EBITDA is defined as earnings before interest expense, income taxes, depreciation and amortization. Adjusted EBITDA is defined as EBITDA excluding non-cash shared-based compensation expense, management fees and other non-recurring gains, expenses or losses, transaction costs, remeasurement of the tax receivable agreement and loss on extinguishment of debt. In addition to using EBITDA and Adjusted EBITDA internally as measures of operational performance, we disclose them externally to assist analysts, investors and lenders in their comparisons of operational performance, valuation and debt capacity across companies with differing capital, tax and legal structures. We believe the investment community frequently uses EBITDA and Adjusted EBITDA in the evaluation of similarly situated companies. Adjusted EBITDA is also used by the Company as a factor to determine the total amount of incentive compensation to be awarded to executive officers and other employees.
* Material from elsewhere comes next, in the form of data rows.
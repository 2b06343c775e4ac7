//! The first step: classes in byte order of their names, none of which stands twice.
ghost use Rattle.std.specs.Prelude.{◌≡◌, ◌≤◌, ℕ, List, [], map, unwrap_or, IfOk, IfSome, IfNone, IsPermutation};
ghost use Rattle.std.specs.List.{AllByRecursion};
ghost use Rattle.std.specs.Option.{option_copied};
ghost use Rattle.class_model.specs.Header.{header_of};
ghost use Rattle.class_model.specs.PoolChecks.{utf8_at};
ghost use Rattle.class_tree.specs.Headers.{Name, IsClassFile};
ghost use Rattle.class_tree.specs.Trees.{AreHeadersInOrder, IsBefore, times};

use crate::guesses::NameGuesses;
use crate::headers::Headers;
use crate::tree::{ClassFileList, HeaderList};
use class_model::{
    ClassFile, Field, Header, ListOf, Member, MemberList, Method, NoMemory, Pool, Text, TextList,
};
use std::alloc::Global;

/// The class files in byte order of their names.
pub(crate) fn sort_folder(alloc: Global, folder: ClassFileList) -> Result<ClassFileList, NoMemory>
    requires { AllByRecursion IsClassFile folder }
    ensures same { IfOk result (λ sorted. IsPermutation folder sorted) }
    ensures sorted { IfOk result (λ sorted. AreHeadersInOrder (map header_of sorted)) }
    ensures class_files { IfOk result (λ sorted. AllByRecursion IsClassFile sorted) }
{
    let mut classes = folder.into_vec();
    classes.sort_by(|one, other| name_of(one).cmp(name_of(other)))?;
    Ok(ListOf::from_vec(classes))
}

/// The headers in byte order of their names.
pub(crate) fn sort_library(alloc: Global, library: HeaderList) -> Result<HeaderList, NoMemory>
    ensures same { IfOk result (λ sorted. IsPermutation library sorted) }
    ensures sorted { IfOk result (λ sorted. AreHeadersInOrder sorted) }
{
    let mut headers = library.into_vec();
    headers.sort_by(|one, other| one.name.bytes().cmp(other.name.bytes()))?;
    Ok(ListOf::from_vec(headers))
}

// The name of a class file.
fn name_of(class: &ClassFile) -> &[u8]
    ensures { result.now ≡ (header_of class.now).name }
{
    match class.pool.class_name(class.this_class) {
        Some(name) => name.bytes(),
        None => &[],
    }
}

/// The headers of class files, whose numbers are added to the guesses.
pub(crate) fn headers_of(
    alloc: Global,
    folder: &[ClassFile],
    guesses: &mut NameGuesses,
) -> Result<Vec<Header>, NoMemory>
    ensures { IfOk result (λ headers. headers.items ≡ map header_of folder.now) }
{
    let mut headers = Vec::with_capacity(alloc, folder.len())?;
    for class in folder {
        let header = header_of(alloc, class)?;
        guesses.add(header.name.bytes(), headers.len());
        headers.push(header)?;
    }
    Ok(headers)
}

/// Adds the numbers of the classes of a library, which stand behind so many others.
pub(crate) fn add_library(guesses: &mut NameGuesses, before: usize, library: &[Header]) {
    for (place, header) in library.iter().enumerate() {
        guesses.add(header.name.bytes(), before.saturating_add(place));
    }
}

// The header of a class file.
fn header_of(alloc: Global, class: &ClassFile) -> Result<Header, NoMemory>
    ensures { IfOk result (λ header. header ≡ header_of class.now) }
{
    Ok(Header {
        name: text_or_empty(alloc, class.pool.class_name(class.this_class))?,
        flags: class.flags,
        super_name: text_or_none(class.pool.class_name(class.super_class))?,
        interfaces: interfaces_of(alloc, class)?,
        fields: fields_of(alloc, class)?,
        methods: methods_of(alloc, class)?,
    })
}

// The interfaces of a class file, by name.
fn interfaces_of(alloc: Global, class: &ClassFile) -> Result<TextList, NoMemory>
    ensures { IfOk result (λ names. names ≡ (header_of class.now).interfaces) }
{
    let mut names = ListOf::new(alloc);
    for index in class.interfaces.as_slice() {
        names.push(text_or_empty(alloc, class.pool.class_name(*index))?)?;
    }
    Ok(names)
}

// The fields of a class file, as members.
fn fields_of(alloc: Global, class: &ClassFile) -> Result<MemberList, NoMemory>
    ensures { IfOk result (λ members. members ≡ (header_of class.now).fields) }
{
    let mut members = ListOf::new(alloc);
    for field in class.fields.as_slice() {
        members.push(member(alloc, &class.pool, field.flags, field.name, field.desc)?)?;
    }
    Ok(members)
}

// The methods of a class file, as members.
fn methods_of(alloc: Global, class: &ClassFile) -> Result<MemberList, NoMemory>
    ensures { IfOk result (λ members. members ≡ (header_of class.now).methods) }
{
    let mut members = ListOf::new(alloc);
    for method in class.methods.as_slice() {
        members.push(member(alloc, &class.pool, method.flags, method.name, method.desc)?)?;
    }
    Ok(members)
}

// A member with the texts that indices name.
fn member(alloc: Global, pool: &Pool, flags: u16, name: u16, desc: u16) -> Result<Member, NoMemory>
    ensures { IfOk result (λ member.
        member
        ≡ record {
          flags = flags;
          name = unwrap_or (utf8_at pool.now name) [];
          desc = unwrap_or (utf8_at pool.now desc) [];
        }) }
{
    Ok(Member {
        flags,
        name: text_or_empty(alloc, pool.utf8(name))?,
        desc: text_or_empty(alloc, pool.utf8(desc))?,
    })
}

// An equal text, where there is one.
fn text_or_none(text: Option<&Text>) -> Result<Option<Text>, NoMemory>
    ensures { IfOk result (λ copy. copy ≡ option_copied text.entry) }
{
    Ok(match text {
        Some(text) => Some(text.copy()?),
        None => None,
    })
}

// An equal text, and the empty one where there is none.
fn text_or_empty(alloc: Global, text: Option<&Text>) -> Result<Text, NoMemory>
    ensures { IfOk result (λ copy. copy ≡ unwrap_or (option_copied text.entry) []) }
{
    match text {
        Some(text) => text.copy(),
        None => Text::of_plain(alloc, &[]),
    }
}

/// The first name in byte order that stands twice.
pub(crate) fn first_duplicate<'a>(headers: &'a Headers<'_>) -> Option<&'a Text>
    requires folder { AreHeadersInOrder headers.now.folder }
    requires library { AreHeadersInOrder headers.now.library }
    ensures twice { IfSome result (λ name. 2 ≤ times name.now headers.now) }
    ensures first { IfSome result
        (λ name. (other : Name) → IsBefore other name.now → times other headers.now ≤ 1) }
    ensures none { IfNone result ((name : Name) → times name headers.now ≤ 1) }
{
    let mut rest = headers.copy();
    let mut last = None;
    while let Some((header, others)) = rest.split_first() {
        if last == Some(&header.name) {
            return Some(&header.name);
        }
        last = Some(&header.name);
        rest = others;
    }
    None
}
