//! The headers of a folder and its library.
ghost use Rattle.std.specs.Prelude.{◌≡◌, ◌+◌, ◌<◌, ◌≤◌, ℕ, List, length, count_by, bytes_eq, slice_get, Some, IfSome, IfNone, if◌then◌else◌};
ghost use Rattle.std.specs.Option.{option_copied};
ghost use Rattle.class_tree.specs.Headers.{all_headers};
ghost use Rattle.class_tree.specs.Inner.Nodes.{number_of, place_at};
ghost use Rattle.class_tree.specs.Order.{first_place, place_of};
ghost use Rattle.class_tree.specs.Trees.{AreHeadersInOrder, IsBefore, IsInOrder, times};

use crate::guesses::NameGuesses;
use crate::place::Place;
use class_model::Header;
use std::marker::Model;

/// The headers of a folder's classes and of its library's. Each class has a number: those of the folder from 0 on, and
/// then those of the library.
#[derive(Drop)]
pub(crate) struct Headers<'a> {
    folder: &'a [Header],
    library: &'a [Header],
    guesses: &'a NameGuesses,
}

impl<'a> Model for Headers<'a> {
    ghost use Rattle.class_tree.specs.Headers.{Headers};

    ghost Value = { Headers };

    ghost view = { λ headers.
        record { folder = headers.folder.now; library = headers.library.now } };
}

impl<'a> Headers<'a> {
    pub(crate) fn new(folder: &'a [Header], library: &'a [Header], guesses: &'a NameGuesses) -> Self
        ensures { result ≡ record { folder = folder.now; library = library.now } }
    {
        Headers {
            folder,
            library,
            guesses,
        }
    }

    /// The same headers.
    pub(crate) fn copy(&self) -> Headers<'a>
        ensures { result ≡ self.now }
    {
        Headers::new(self.folder, self.library, self.guesses)
    }

    /// How many classes there are.
    pub(crate) fn len(&self) -> usize
        ensures { result ≡ length (all_headers self.now) }
    {
        self.folder.len() + self.library.len()
    }

    /// The class of a number.
    pub(crate) fn get(&self, number: usize) -> Option<&Header>
        ensures { option_copied result ≡ slice_get (all_headers self.now) number }
    {
        match number.checked_sub(self.folder.len()) {
            None => self.folder.get(number),
            Some(place) => self.library.get(place),
        }
    }

    /// The first class in byte order of names, and the others.
    pub(crate) fn split_first(&self) -> Option<(&'a Header, Headers<'a>)>
        requires folder { AreHeadersInOrder self.now.folder }
        requires library { AreHeadersInOrder self.now.library }
        ensures folder { IfSome result (λ split. AreHeadersInOrder split.1.folder) }
        ensures library { IfSome result (λ split. AreHeadersInOrder split.1.library) }
        ensures fewer { IfSome result
            (λ split. length (all_headers split.1) < length (all_headers self.now)) }
        ensures counts { IfSome result (λ split.
            (name : List ℕ)
            → times name self.now
            ≡ times name split.1 + (if bytes_eq name split.0.now.name then 1 else 0)) }
        ensures first { IfSome result
            (λ split. (name : List ℕ) → IsBefore name split.0.now.name → times name self.now ≡ 0) }
        ensures none { IfNone result ((name : List ℕ) → times name self.now ≡ 0) }
    {
        match (self.folder, self.library) {
            ([], []) => None,
            ([first, rest @ ..], []) => Some((
                first,
                Headers::new(rest, self.library, self.guesses),
            )),
            ([], [first, rest @ ..]) => Some((
                first,
                Headers::new(self.folder, rest, self.guesses),
            )),
            ([one, ones @ ..], [other, others @ ..]) => {
                if one.name.bytes().cmp(other.name.bytes()).is_gt() {
                    Some((other, Headers::new(self.folder, others, self.guesses)))
                } else {
                    Some((one, Headers::new(ones, self.library, self.guesses)))
                }
            }
        }
    }

    /// The place of the class of a name.
    pub(crate) fn find(&self, name: &[u8]) -> Option<Place>
        requires { IsInOrder self.now }
        ensures { result ≡ place_of self.now name.now }
    {
        match self.guess(name) {
            Some(place) => Some(place),
            None => self.search(name),
        }
    }

    // The same, where the guess at its number is right.
    fn guess(&self, name: &[u8]) -> Option<Place>
        requires { IsInOrder self.now }
        ensures { IfSome result (λ place. place_of self.now name.now ≡ Some place) }
    {
        let number = self.guesses.get(name)?;
        let header = self.get(number)?;
        if header.name.bytes() == name {
            Some(self.place(number))
        } else {
            None
        }
    }

    // The place of the class of a name, by a search.
    fn search(&self, name: &[u8]) -> Option<Place>
        requires { IsInOrder self.now }
        ensures { result ≡ place_of self.now name.now }
    {
        match find_header(self.folder, name) {
            Some(place) => Some(Place::Folder(place)),
            None => find_header(self.library, name).map(Place::Library),
        }
    }

    /// The number of the class of a name.
    pub(crate) fn number_of(&self, name: &[u8]) -> Option<usize>
        requires { IsInOrder self.now }
        ensures { result ≡ number_of self.now name.now }
    {
        match self.find(name)? {
            Place::Folder(place) => Some(place),
            Place::Library(place) => Some(self.folder.len() + place),
        }
    }

    /// The place of the class of a number.
    pub(crate) fn place(&self, number: usize) -> Place
        ensures { result ≡ place_at self.now number }
    {
        match number.checked_sub(self.folder.len()) {
            None => Place::Folder(number),
            Some(place) => Place::Library(place),
        }
    }
}

/// The place of the class of a name in a list in byte order of names, each of which stands once.
pub(crate) fn find_header(headers: &[Header], name: &[u8]) -> Option<usize>
    requires in_order { AreHeadersInOrder headers.now }
    requires once { (name : List ℕ)
        → count_by (λ header. bytes_eq name header.name) headers.now ≤ 1 }
    ensures { result ≡ first_place (λ header. bytes_eq name.now header.name) headers.now }
{
    headers
        .binary_search_by(|header| header.name.bytes().cmp(name))
        .ok()
}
EBITDA and Adjusted EBITDA, however, are not measures of financial performance under accounting principles generally accepted in the United States of America (“GAAP”) and should not be considered as alternatives to, or more meaningful than, net income as measures of operating performance or to cash flows from operating, investing or financing activities or as measures of liquidity. Since EBITDA and Adjusted EBITDA are not measures determined in accordance with GAAP and are thus susceptible to varying interpretations and calculations, EBITDA and Adjusted EBITDA, as presented, may not be comparable to other similarly titled measures of other companies. EBITDA and Adjusted EBITDA do not represent amounts of funds that are available for management’s discretionary use. EBITDA and Adjusted EBITDA presented may not be the same as EBITDA and Adjusted EBITDA calculations as defined in the First Lien Credit Facilities.